+++ Information provided

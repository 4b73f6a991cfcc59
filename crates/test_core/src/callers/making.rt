//! Machines and words that are made: their ranges, each request for memory refused in its turn, and a thousand rounds of calls
//! that nothing stops.
use super::acts::DONE;
use super::boards::{ATTACHED, GET, NORMAL, PUT, board_with};
use super::phases::{Left, Phase, Side, Step, phases};
use super::rows::{is_row, made, why_none};
use crate::refusing::Refusing;
use crate::rows::steps;
use crate::short::{ENOUGH, Making, requests};
use evl_base::{MutexId, Refusal, StaxId};
use evl_pipeline::Callback;
use evl_words::{MutexWord, StaxGate};
use linked_list_allocator::LocalHeap;
use std::alloc::Global;

struct Gate;

impl Making for Gate {
    fn refusal(memory: &Refusing<LocalHeap>, _boxes: Global) -> Option<Refusal> {
        StaxGate::new(memory, StaxId(0), 2, 3).err()
    }
}

// All that was taken before a refusal goes back, here and below.
#[test]
fn each_request_for_a_gate_is_refused_once(rt: HostRuntime) {
    assert!(rt; requests::<Gate>(rt.alloc(), ENOUGH) == Some(3));
}

struct Word;

impl Making for Word {
    fn refusal(memory: &Refusing<LocalHeap>, _boxes: Global) -> Option<Refusal> {
        MutexWord::new(memory, MutexId(0), true, 3).err()
    }
}

#[test]
fn each_request_for_a_word_is_refused_once(rt: HostRuntime) {
    assert!(rt; requests::<Word>(rt.alloc(), ENOUGH) == Some(3));
}

struct OneMachine;

impl Making for OneMachine {
    fn refusal(memory: &Refusing<LocalHeap>, boxes: Global) -> Option<Refusal> {
        let bank: Vec<Callback, &Refusing<LocalHeap>> = Vec::new(memory);
        why_none(made(memory, boxes, board_with(2, NORMAL), bank, 100))
    }
}

#[test]
fn each_request_for_a_machine_is_refused_once(rt: HostRuntime) {
    assert!(rt; requests::<OneMachine>(rt.alloc(), ENOUGH) == Some(68));
}

// Why no machine is made with a history of so many calls; none where it is made.
fn refusal_of(alloc: Global, limit: u32) -> Option<Refusal> {
    let bank: Vec<Callback> = Vec::new(alloc);
    why_none(made(alloc, alloc, board_with(2, NORMAL), bank, limit))
}

#[test]
fn machine_has_a_range(rt: HostRuntime) {
    for limit in [0, 1_000_001] {
        assert!(rt; refusal_of(rt.alloc(), limit) == Some(Refusal::Range));
    }
}

// A put by the first and a get by the second, and a put by the second and a get by the first.
const BOTH_WAYS: [Step; 4] = steps![0 PUT => DONE, 1 GET => DONE, 1 PUT => DONE, 0 GET => DONE];

const ROUND: Phase<'_> = (Side::Free, &BOTH_WAYS, Left::Unseen);

const BEGINNING: Phase<'_> = (Side::Free, &ATTACHED, Left::Free(2));

#[test]
fn quiet_core_is_never_busy(rt: HostRuntime) {
    let mut phases = Vec::new(rt.alloc());
    assert!(rt; phases.push(BEGINNING).is_ok());
    for _ in 0..1000 {
        assert!(rt; phases.push(ROUND).is_ok());
    }
    assert!(rt; is_row(&rt, rt.alloc(), NORMAL, 10_000, &phases));
}
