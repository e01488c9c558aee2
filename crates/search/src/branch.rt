// The search: each call decides one further pair.
ghost use Rattle.chip_array.specs.Array.{chip_in};
ghost use Rattle.search_node.specs.Node.{Given};
ghost use Rattle.search_close.specs.Step.{Searched};
ghost use Rattle.search.specs.Search.{NextX, NextY, NextOf};

use axis_bounds::Slot;
use half_fit::{HELP, POOL, TAB};
use model::Record;
use search_close::next_step;
use search_left::{Left, child_at, next_child, visited};
use search_letters::try_letters;
use search_node::{Node, Parts, decided, length_of, letter_slot};
use search_tables::with_bound;
use std::ops::ControlFlow;

// Child i as a node, of a letter in x: its fit is f, its slot t.
fn next_x(node: Node, left: Left, f: Record, s: usize, i: usize, t: Slot) -> Node
    ensures { NextX node left f s i t result }
{
    let ay = node.ay;
    let ky = left.ky;
    Node {
        letters: decided(node.letters, s, i),
        ax: with_bound(node.ax, t),
        ay,
        kx: search_kept::keep(left.kx, t),
        ky,
        lx: length_of(f).saturating_sub(node.ly),
        ly: node.ly,
        here: f,
    }
}

fn next_y(node: Node, left: Left, f: Record, s: usize, i: usize, t: Slot) -> Node
    ensures { NextY node left f s i t result }
{
    let ax = node.ax;
    let kx = left.kx;
    Node {
        letters: decided(node.letters, s, i),
        ax,
        ay: with_bound(node.ay, t),
        kx,
        ky: search_kept::keep(left.ky, t),
        lx: node.lx,
        ly: length_of(f).saturating_sub(node.lx),
        here: f,
    }
}

// Child i as a node; its slot is t.
fn next_node(node: Node, left: Left, s: usize, i: usize, t: Slot) -> Node
    ensures { NextOf node left s i t result }
{
    let f = child_at(left, i);
    if i < 2 {
        next_x(node, left, f, s, i, t)
    } else {
        next_y(node, left, f, s, i, t)
    }
}

// The best so far or a better one: not after any legal placement under the node's letters that keeps its differences.
pub(crate) fn search(
    cs: &[u64; chip_array::CELLS],
    parts: Parts,
    p: usize,
    tx: &[u32; TAB],
    hx: &[u32; HELP],
    ty: &[u32; TAB],
    hy: &[u32; HELP],
    node: Node,
    sx: &[u32; POOL],
    ix: usize,
    sy: &[u32; POOL],
    iy: usize,
    best: Record,
) -> Record
    requires { Given (chip_in cs.now) parts p tx.now ty.now node best }
    ensures { Searched (chip_in cs.now) node.letters p node.kx node.ky best result }
{
    let pair = match next_step(parts, p, node, best) {
        ControlFlow::Break(answer) => return answer,
        ControlFlow::Continue(pair) => pair,
    };
    let mut pool = [0u32; POOL];
    let mut left = try_letters(
        cs, parts, p, tx, hx, ty, hy, node, sx, ix, sy, iy, pair.s, pair.at, best, &mut pool,
    );
    let mut b = best;
    while let Some(i) = next_child(left) {
        let t = letter_slot(parts, pair.at, i);
        let next = next_node(node, left, pair.s, i, t);
        left = visited(left, i, t);
        if i < 2 {
            b = search(cs, parts, p, tx, hx, ty, hy, next, &pool, i, sy, iy, b);
        } else {
            b = search(cs, parts, p, tx, hx, ty, hy, next, sx, ix, &pool, i, b);
        }
    }
    b
}
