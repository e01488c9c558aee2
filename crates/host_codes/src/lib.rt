// The one encoding of answers: a number, and a value beside it.
#![tactic(auto)]

ghost use Rattle.std.specs.Prelude.{◌≡◌};
ghost use Rattle.text_grammar.specs.Writing.{answer_of};
ghost use Rattle.chip_read.specs.Answer.{meant_chip};
ghost use Rattle.record_read.specs.Answer.{meant_record};
ghost use Rattle.measure_held.specs.Answer.{measured, measured_as};
ghost use Rattle.host_codes.specs.Code.{code, refused, of_reading, of_answer, of_measure};

use measure_held::Measurement;
use model::{Chip, Record, Refusal};

// What an exported function answers.
#[derive(Clone, Copy)]
pub struct Code {
    pub number: u64,
    pub value: u64,
}

// The numbers that are no refusal.
pub const YES: u64 = 0;

pub const NO: u64 = 255;

// Document 01's number and line.
pub fn refusal_code(f: Refusal) -> Code
    ensures { result ≡ code (refused f.no f.line) }
{
    Code {
        number: f.no as u64,
        value: f.line as u64,
    }
}

pub fn chip_code(read: Result<Chip, Refusal>) -> Code
    ensures { result ≡ code (of_reading (meant_chip read)) }
{
    match read {
        Ok(_) => Code {
            number: YES,
            value: 0,
        },
        Err(f) => refusal_code(f),
    }
}

pub fn record_code(read: Result<Record, Refusal>) -> Code
    ensures { result ≡ code (of_reading (meant_record read)) }
{
    match read {
        Ok(_) => Code {
            number: YES,
            value: 0,
        },
        Err(f) => refusal_code(f),
    }
}

pub fn answer_code(answer: Result<usize, Refusal>) -> Code
    ensures { result ≡ code (of_answer (answer_of answer)) }
{
    match answer {
        Ok(n) => Code {
            number: YES,
            value: n as u64,
        },
        Err(f) => refusal_code(f),
    }
}

// Yes where the positions are legal.
fn legal_code(legal: bool, wl: u64) -> Code
    ensures { result ≡ code (of_measure (measured legal wl)) }
{
    Code {
        number: if legal { YES } else { NO },
        value: wl,
    }
}

pub fn measure_code(answer: Result<Measurement, Refusal>) -> Code
    ensures { result ≡ code (of_measure (measured_as answer)) }
{
    match answer {
        Ok(m) => legal_code(m.legal, m.length),
        Err(f) => refusal_code(f),
    }
}
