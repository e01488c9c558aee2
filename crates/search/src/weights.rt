// The weight of each macro's nets. It guides the choice of the pair and nothing else, so nothing is promised of it.
ghost use Rattle.std.specs.Prelude.{◌≤◌};

use model::{Chip, Mac, Net, Pin};

// For each macro whether one of the pins is on it.
fn on_net(pins: &[Pin]) -> [bool; Mac::COUNT] {
    let mut on = [false; Mac::COUNT];
    for p in pins {
        if p.m != 0 {
            on[(p.m - 1) % Mac::COUNT] = true;
        }
    }
    on
}

// The place after a net's pins, which begin at q.
fn net_end(q: usize, count: usize) -> usize
    requires { q ≤ 128 }
    ensures at_least { q ≤ result }
    ensures at_most { result ≤ 128 }
{
    q.saturating_add(count).min(Pin::COUNT)
}

// The weights with that of a net for the macros on it; those of an accepted chip are far below the limits.
fn with_net(
    mut weights: [u64; Mac::COUNT],
    on: [bool; Mac::COUNT],
    weight: u64,
) -> [u64; Mac::COUNT] {
    for (w, on) in weights.iter_mut().zip(on) {
        if on {
            *w = *w % 1000000 + weight % 1001;
        }
    }
    weights
}

// The summed weight of each macro's nets.
pub(crate) fn all_weights(c: Chip) -> [u64; Mac::COUNT] {
    let mut weights = [0; Mac::COUNT];
    let mut q: usize = 0;
    for net in &c.nets[..c.t.min(Net::COUNT)] {
        let end = net_end(q, net.pins);
        let next = with_net(weights, on_net(&c.pins[q..end]), net.weight);
        weights = next;
        q = end;
    }
    weights
}
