// The root of the search: a dot for each pair.
ghost use Rattle.std.specs.Prelude.{◌≡◌, length};
ghost use Rattle.model.specs.Meaning.{chip_of};
ghost use Rattle.chip_text.specs.Passed.{Passed};
ghost use Rattle.chip_array.specs.Array.{chip_in};
ghost use Rattle.fit_slots.specs.Axes.{corners_on};
ghost use Rattle.fit_slots.specs.Fit.{dots};
ghost use Rattle.search_tables.specs.Made.{Hold};
ghost use Rattle.fit_pairs.specs.Count.{letter_total};
ghost use Rattle.search_node.specs.Letters.{letters_in, Lettered};
ghost use Rattle.search_node.specs.Node.{no_record, FitHeld};
ghost use Rattle.search_join.specs.Joined.{HalfSaid, ChildHeld};
ghost use Rattle.search.specs.Search.{upright_spots, RootOk};

use chip_array::macro_count;
use fit_pairs::LETTERS;
use fit_slots::Direction;
use half_fit::service::{HalfFit, HalfOutcome};
use half_values::length::half_length;
use model::{Chip, Mac, Outcome, Record, Spot};
use search_join::{fit_again, joined, spots_with};
use search_node::{Node, no_record};
use search_order::ordered;
use search_tables::Arrays;

// The corners' coordinates in a direction.
fn coordinates(spots: [Spot; Mac::COUNT], d: Direction) -> [u64; Mac::COUNT]
    ensures { result ≡ corners_on d spots }
{
    match d {
        Direction::Horizontal => spots.map(|p| p.x),
        Direction::Vertical => spots.map(|p| p.y),
    }
}

// A placement with x 0 and the given y, of length l.
fn upright(cs: &[u64; chip_array::CELLS], at: [u64; Mac::COUNT], l: u64) -> Record
    ensures value { result ≡ record { outcome = Outcome.Least l (chip_in cs.now).n; spots = upright_spots at } }
    ensures spots_len { length result.spots ≡ 8 }
{
    Record {
        outcome: Outcome::Least(l, macro_count(cs)),
        spots: spots_with(Direction::Vertical, at, [Spot { x: 0, y: 0 }; Mac::COUNT]),
    }
}

// The fit of the letters from its two half fits, of which the vertical one has coordinates at and length l.
fn from_halves(
    cs: &[u64; chip_array::CELLS],
    p: usize,
    letters: [u8; LETTERS],
    fx: HalfFit,
    at: [u64; Mac::COUNT],
    l: u64,
) -> Record
    requires { Passed (chip_in cs.now) × Lettered (chip_in cs.now) letters p × HalfSaid (chip_of (chip_in cs.now)) (letters_in letters p) Direction.Horizontal 4000000000 fx.outcome fx.at × HalfSaid (chip_of (chip_in cs.now)) (letters_in letters p) Direction.Vertical 4000000000 (HalfOutcome.Fit l) at }
    ensures { ChildHeld (chip_in cs.now) letters p no_record result }
{
    joined(
        cs,
        p,
        letters,
        upright(cs, at, l),
        no_record(),
        Direction::Horizontal,
        fx,
        l,
    )
}

// The fit of the letters from its two half fits; where one is not shown, the fit that is sold.
pub(crate) fn first_fit(
    cs: &[u64; chip_array::CELLS],
    p: usize,
    letters: [u8; LETTERS],
    fx: HalfFit,
    fy: HalfFit,
) -> Record
    requires { Passed (chip_in cs.now) × Lettered (chip_in cs.now) letters p × HalfSaid (chip_of (chip_in cs.now)) (letters_in letters p) Direction.Horizontal 4000000000 fx.outcome fx.at × HalfSaid (chip_of (chip_in cs.now)) (letters_in letters p) Direction.Vertical 4000000000 fy.outcome fy.at }
    ensures { FitHeld (chip_in cs.now) letters p result }
{
    let HalfOutcome::Fit(l) = fy.outcome else {
        return fit_again(cs, letters, p);
    };
    let r = from_halves(cs, p, letters, fx, fy.at, l);
    match r.outcome {
        Outcome::Least(_, _) => r,
        Outcome::None => fit_again(cs, letters, p),
    }
}

// The node of the letters, a dot for each pair; x and y are the arrays of the two directions, here is the fit.
pub(crate) fn root(
    c: Chip,
    p: usize,
    letters: [u8; LETTERS],
    x: Arrays,
    y: Arrays,
    here: Record,
) -> Node
    requires { Passed c × (p ≡ letter_total c.n c.k) × (letters ≡ dots 120) × Hold c Direction.Horizontal x.tab x.arcs × Hold c Direction.Vertical y.tab y.arcs × FitHeld c letters p here }
    ensures { RootOk c p result }
{
    let ax = x.arcs;
    let ay = y.arcs;
    Node {
        letters,
        ax,
        ay,
        kx: ordered(c, search_kept::closed(x.arcs)),
        ky: search_kept::closed(y.arcs),
        lx: half_length(&x.tab, coordinates(here.spots, Direction::Horizontal)),
        ly: half_length(&y.tab, coordinates(here.spots, Direction::Vertical)),
        here,
    }
}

++++++

> _Problem statement_:
Return the opening line of the data and every line after it through the line containing "impl Making for OneMachine", please, exactly as written and with nothing added.

> _Output of the task_:
repository 4b73f6a991cfcc59
filename crates/test_core/src/callers/making.rt
//! Machines and words that are made: their ranges, each request for memory refused in its turn, and a thousand rounds of calls
//! that nothing stops.
use super::acts::DONE;
use super::boards::{ATTACHED, GET, NORMAL, PUT, board_with};
use super::phases::{Left, Phase, Side, Step, phases};
use super::rows::{is_row, made, why_none};
use crate::refusing::Refusing;
use crate::rows::steps;
use crate::short::{ENOUGH, Making, requests};
use evl_base::{MutexId, Refusal, StaxId};
use evl_pipeline::Callback;
use evl_words::{MutexWord, StaxGate};
use linked_list_allocator::LocalHeap;
use std::alloc::Global;

struct Gate;

impl Making for Gate {
    fn refusal(memory: &Refusing<LocalHeap>, _boxes: Global) -> Option<Refusal> {
        StaxGate::new(memory, StaxId(0), 2, 3).err()
    }
}

// All that was taken before a refusal goes back, here and below.
#[test]
fn each_request_for_a_gate_is_refused_once(rt: HostRuntime) {
    assert!(rt; requests::<Gate>(rt.alloc(), ENOUGH) == Some(3));
}

struct Word;

impl Making for Word {
    fn refusal(memory: &Refusing<LocalHeap>, _boxes: Global) -> Option<Refusal> {
        MutexWord::new(memory, MutexId(0), true, 3).err()
    }
}

#[test]
fn each_request_for_a_word_is_refused_once(rt: HostRuntime) {
    assert!(rt; requests::<Word>(rt.alloc(), ENOUGH) == Some(3));
}

struct OneMachine;

impl Making for OneMachine {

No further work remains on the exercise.